Et de quel droit ne peut-on pas être chagriné, extrêmement chagriné de la perte d’un grand-parent? Sous prétexte de l’âge? Parce que c’est « normal »? 69 ans, ce n’est pas si « normal »…

Et ce lien si fort qu’on a, que la distance n’a pas abimé, qu’il a juste un peu caché.

Je sais ce que je représente pour elle, et j’espère qu’inversement elle le sait aussi.

J’aimerais tellement m’allonger à côté d’elle, poser ma tête sur son épaule, lui parler, doucement, lui dire que je l’aime, que je l’aime, que je l’aime, à l’infini…Et je suis là, à des centaines de kilomètres, à tourner en rond, à attendre quoi, je n’en sais rien…Je lui envoie tous les jours des messages remplis d’amour, espérant secrètement qu’elle trouvera la force de les lire. Je fais passer des messages…Elle sait tout ça…

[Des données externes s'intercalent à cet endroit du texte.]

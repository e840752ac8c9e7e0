//! Reports that are read back, and reports with a bad line, as the format says.
ghost use Rattle.std.specs.Prelude.{◌≡◌};

use crate::{ReportFault, read_report};
use dw_model::Database;
use dw_print::report_text;
use dw_value::List;
use std::test::Fail;

/// Lines of all kinds of events, of all refusals, and of all answers, from the second line of a report on.
const LINES: &str = "1 begin 2 1\n\
    2 pass 2 2 BEGIN\n\
    3 pass 2 2 COMMIT\n\
    4 pass 2 2 ROLLBACK\n\
    5 wait 2 3 for 1 3\n\
    6 open 2 3 snapshot 18446744073709551615 main\n\
    7 open 2 3 snapshot 0 cluster 9\n\
    8 answer 2 3 CREATE TABLE\n\
    9 answer 2 3 DROP TABLE\n\
    10 answer 2 3 LOCK TABLE\n\
    11 answer 2 3 INSERT 0\n\
    12 answer 2 3 SELECT 3\n\
    = x|a\\|b\n\
    - 1|\\N\n\
    - |a\\\\N\\n\\r\n\
    - größe\n\
    13 answer 4294967295 0 SELECT 0\n\
    = \n\
    14 commit 1 6 stamp 3 low 3 high 2\n\
    15 violation 2 4 low 3 high 3 rows(b)\n\
    16 violation 2 4 low 3 high 3 def(a)b\\|)\n\
    17 refuse 1 7 1 syntax 12\n\
    18 refuse 1 7 2 unknown a\\\\N\n\
    19 refuse 1 7 3 exists t\n\
    20 refuse 1 7 4 clash\n\
    21 refuse 1 7 5 range\n\
    22 refuse 1 7 7 null größe\n\
    23 refuse 1 7 10 deadlock 2 3 1\n\
    24 refuse 1 7 11 aborted\n\
    25 refuse 1 7 12 block\n\
    26 refuse 1 7 13 vacuum 3\n\
    27 refuse 1 7 14 limit rows 16777217\n\
    28 refuse 1 7 16 memory\n\
    29 rollback 2 5\n\
    30 vacuum 0 0 begin t\n\
    31 vacuum 0 0 slice 255 horizon 2\n\
    32 vacuum 0 0 end\n\
    33 refresh 1 stamp 2\n\
    34 end 64\n";

#[test]
fn reports_are_read_back(rt: HostRuntime) -> Result<(), Fail> {
    let alloc = rt.alloc();
    let text = format!(in alloc;
        "warehouse nodes 16 slices 1 clusters 0 slots 50 sessions 64\n{}tables 0\nserial\n",
        LINES
    )?;
    let read = read_report(alloc, text.as_bytes())
        .ok()
        .ok_or("the lines are of the form")?;
    assert_eq!(rt; read.journal.events.len(), 34);
    assert_eq!(rt; read.line, 41);
    assert_eq!(rt;
        text.as_bytes().get(read.place..),
        Some(b"tables 0\nserial\n".as_slice())
    );
    let again = report_text(
        alloc,
        &read.journal,
        &Database::new(alloc),
        &List::new(alloc),
    )?;
    assert_eq!(rt; again.as_slice(), text.as_bytes());

    let first = "warehouse nodes 2 slices 2 clusters 1 slots 5 sessions 1\n";
    let read = read_report(alloc, first.as_bytes())
        .ok()
        .ok_or("a journal may have no event")?;
    assert_eq!(rt; (read.line, read.place), (2, first.len()));
    Ok(())
}

#[test]
fn bad_lines_are_told(rt: HostRuntime) -> Result<(), Fail> {
    let alloc = rt.alloc();
    for text in [
        "",
        "\n",
        "warehouse nodes 2 slices 2 clusters 1 slots 5 sessions",
        "warehouse nodes 2 slices 2 clusters 1 slots 5 sessions 1",
        "warehouse nodes 2 slices 2 clusters 1 slots 5 sessions 65\n",
        "warehouse nodes 2 slices 2 clusters 1 slots 5 sessions 0\n",
        "warehouse nodes 17 slices 2 clusters 1 slots 5 sessions 1\n",
        "warehouse nodes 2 slices 0 clusters 1 slots 5 sessions 1\n",
        "warehouse nodes 2 slices 2 clusters 10 slots 5 sessions 1\n",
        "warehouse nodes 2 slices 2 clusters 1 slots 51 sessions 1\n",
        "warehouse nodes 02 slices 2 clusters 1 slots 5 sessions 1\n",
        "tables 0\nserial\n",
    ] {
        match read_report(alloc, text.as_bytes()) {
            Err(ReportFault::Bad { line }) => assert_eq!(rt; line, 1, "{text}"),
            _ => assert!(rt; false, "{text}"),
        }
    }
    for (lines, bad) in [
        ("2 end 1\n", 2),
        ("01 end 1\n", 2),
        ("+1 end 1\n", 2),
        ("1 end 01\n", 2),
        ("1 end 4294967296\n", 2),
        ("1 end 1\r\n", 2),
        ("1 end 1", 2),
        ("1 end \0\n", 2),
        ("1 end 1\n\n", 3),
        ("1 end 1\n1 end 1\n", 3),
        ("1 end 1\n2  end 1\n", 3),
        ("1 end 1\ntable\n", 3),
        ("1 commit 1 1 stamp 18446744073709551616 low 1 high 0\n", 2),
        ("1 refuse 1 1 2 clash\n", 2),
        ("1 refuse 1 1 7 null\n", 2),
        ("1 refuse 1 1 6 null x\n", 2),
        ("1 refuse 1 1 2 unknown a\\b\n", 2),
        ("1 refuse 1 1 2 unknown \\N\n", 2),
        ("1 refuse 1 1 2 unknown a|b\n", 2),
        ("1 refuse 1 1 2 unknown a\\\n", 2),
        ("1 refuse 1 1 2 unknown a\rb\n", 2),
        ("1 violation 1 1 low 1 high 1 rows(a\n", 2),
        ("1 answer 1 1 SELECT 2\n= x\n- 1\n", 5),
        ("1 answer 1 1 SELECT 2\n= x\n- 1\n2 end 1\n", 5),
        ("1 answer 1 1 SELECT 1\n= x\n- 1\n- 2\n2 end 1\n", 5),
        ("1 answer 1 1 SELECT 1\n= x\n-\n", 4),
        ("1 answer 1 1 SELECT 1\n= x\n- 1", 4),
        ("1 answer 1 1 SELECT 1\n= \\N\n- 1\n", 3),
        ("1 answer 1 1 SELECT 1\n", 3),
        ("1 answer 1 1 DELETE\n", 2),
        ("1 answer 1 1 DROP\n", 2),
        ("1 answer 1 1 DROP TABLE 1\n", 2),
        ("1 pass 1 1 SELECT\n", 2),
    ] {
        let text = format!(in alloc;
            "warehouse nodes 2 slices 2 clusters 1 slots 5 sessions 1\n{}",
            lines
        )?;
        match read_report(alloc, text.as_bytes()) {
            Err(ReportFault::Bad { line }) => assert_eq!(rt; line, bad, "{lines}"),
            _ => assert!(rt; false, "{lines}"),
        }
    }
    let bytes =
        b"warehouse nodes 2 slices 2 clusters 1 slots 5 sessions 1\n1 refuse 1 1 2 unknown \xff\n";
    assert!(rt; matches!(read_report(alloc, bytes), Err(ReportFault::Bad { line: 2 })));
    Ok(())
}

Je suis allée la voir il y a deux semaines. Elle était si belle, on pouvait presqu’ignorer sa maladie si on passait outre l’environnement hospitalier. Je suis allée la voir deux fois. Je l’ai serrée dans mes bras quand je suis partie, ignorant si j’allais la revoir… J’ai pleuré, elle m’a dit qu’elle allait se battre pour nous…

Ca va si vite. J’ai peur de l’issue, même si petit à petit, ce trop court petit à petit, on se prépare. J’ai peur du chagrin de ma maman, de mon grand-père et de sa future solitude. J’aimerais tellement qu’on me dise que c’est une erreur … Qu’on s’est trompé que ce n’est rien…

Mon chagrin peut paraitre démesuré, il est pourtant entier.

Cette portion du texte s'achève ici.